• [What needs to be done]: All lines that hold the string "weight" should be copied. Find them in the listing below.

Data provided Start Marker

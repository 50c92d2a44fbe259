// Marks brought into their entries.
ghost use Rattle.std.specs.Prelude.{◌≡◌};
ghost use Rattle.rules.specs.Leaves.{mark_of, is_taken};
ghost use Rattle.sitting.specs.Acts.{brought};

use board::boards::Board;
use board::entering::{Entered, enter};
use entry::parts::{Ability, Count, Mark, Weighed};
use mission::node::Target;
use rules::sitting_fault::SittingFault;

fn is_taken(entered: Entered) -> bool
    ensures { result ≡ is_taken entered }
{
    !matches!(entered, Entered::Full)
}

// Brings a mark to where it goes, and tells whether it was taken; a full entry takes none.
#[tactic(auto, using(crate::proofs::Numbers::mark_there))]
pub(crate) fn bring<C: Board<Count>, A: Board<Ability>>(
    counts: &mut C,
    abilities: &mut A,
    target: Target,
    mark: i8,
) -> Result<bool, SittingFault>
    ensures { (result, (C.Board.entries counts.new, A.Board.entries abilities.new)) ≡ brought (mark_of mark) target (C.Board.entries counts.old, A.Board.entries abilities.old) }
{
    let Ok(mark) = Mark::new(i32::from(mark)) else {
        return Ok(false);
    };
    match target {
        Target::Nowhere => Ok(true),
        Target::Count { key } => Ok(is_taken(enter(counts, key, mark)?)),
        Target::Ability { key, weight } => {
            let share = Weighed { mark, weight };
            Ok(is_taken(enter(abilities, key, share)?))
        }
    }
}
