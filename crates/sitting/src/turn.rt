use crate::frame::Frame;
use rules::status::Status;

// What a visit does next.
#[derive(Clone, Copy, PartialEq, Eq, Debug)]
pub(crate) enum Turn {
    // It visits the node at this place.
    Enter(u16),
    // It looks at the next child of a node.
    Look(Frame),
    // It hands this status up.
    Answer(Status),
}
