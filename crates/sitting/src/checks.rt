// What calls check of the named skills and the boards, asked of each node; `proofs/Checking.antt` has it of
// the named skills.
ghost use Rattle.std.specs.Prelude.{◌≡◌, ◌||◌, length, nat_lt, not};
ghost use Rattle.mission.specs.Missions.{meaning};
ghost use Rattle.rules.specs.Leaves.{runs_in};
ghost use Rattle.rules.specs.Sittings.{unlike};
ghost use Rattle.sitting.specs.Checks.{any_named};
ghost use Rattle.sitting.specs.Desks.{state_of, is_running};

use crate::executive::Executive;
use crate::leaf_state::LeafState;
use bank::banks::Bank;
use board::boards::Board;
use entry::parts::{Ability, Count};

impl Executive {
    // Is a named skill at or beyond the width?
    pub(crate) fn any_beyond(&self, width: u8) -> bool
        ensures { result ≡ any_named (λ k. not (nat_lt k width)) (meaning self.now.mission).nodes }
    {
        self.mission
            .nodes()
            .iter()
            .any(|node| node.skill().is_some_and(|skill| skill >= width))
    }

    // Does a named skill run in the bank?
    pub(crate) fn any_runs<B: Bank>(&self, bank: &B) -> bool
        ensures { result ≡ any_named (λ k. runs_in (B.Bank.skills bank.now) k) (meaning self.now.mission).nodes }
    {
        self.mission.nodes().iter().any(|node| node
            .skill()
            .is_some_and(|skill| bank.running(skill)))
    }

    // Do the bank and the sitting differ on whether a named skill runs?
    pub(crate) fn any_differs<B: Bank>(&self, bank: &B) -> bool
        ensures { result ≡ any_named (λ k. unlike (runs_in (B.Bank.skills bank.now) k) (is_running (state_of self.now.ledger k))) (meaning self.now.mission).nodes }
    {
        self.mission.nodes().iter().any(|node| node
            .skill()
            .is_some_and(|skill| self.differs(bank, skill)))
    }

    fn differs<B: Bank>(&self, bank: &B, skill: u8) -> bool
        ensures { result ≡ unlike (runs_in (B.Bank.skills bank.now) skill) (is_running (state_of self.now.ledger skill)) }
    {
        bank.running(skill) != (self.ledger.state(skill) == LeafState::Running)
    }

    // Is a board below its declared number?
    pub(crate) fn too_small<C: Board<Count>, A: Board<Ability>>(
        &self,
        counts: &C,
        abilities: &A,
    ) -> bool
        ensures { result ≡ (nat_lt (length (C.Board.entries counts.now)) (meaning self.now.mission).counts || nat_lt (length (A.Board.entries abilities.now)) (meaning self.now.mission).abilities) }
    {
        counts.size() < self.mission.counts() || abilities.size() < self.mission.abilities()
    }
}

Data provided End Marker

• [The completed task]:
        Target::Ability { key, weight } => {
            let share = Weighed { mark, weight };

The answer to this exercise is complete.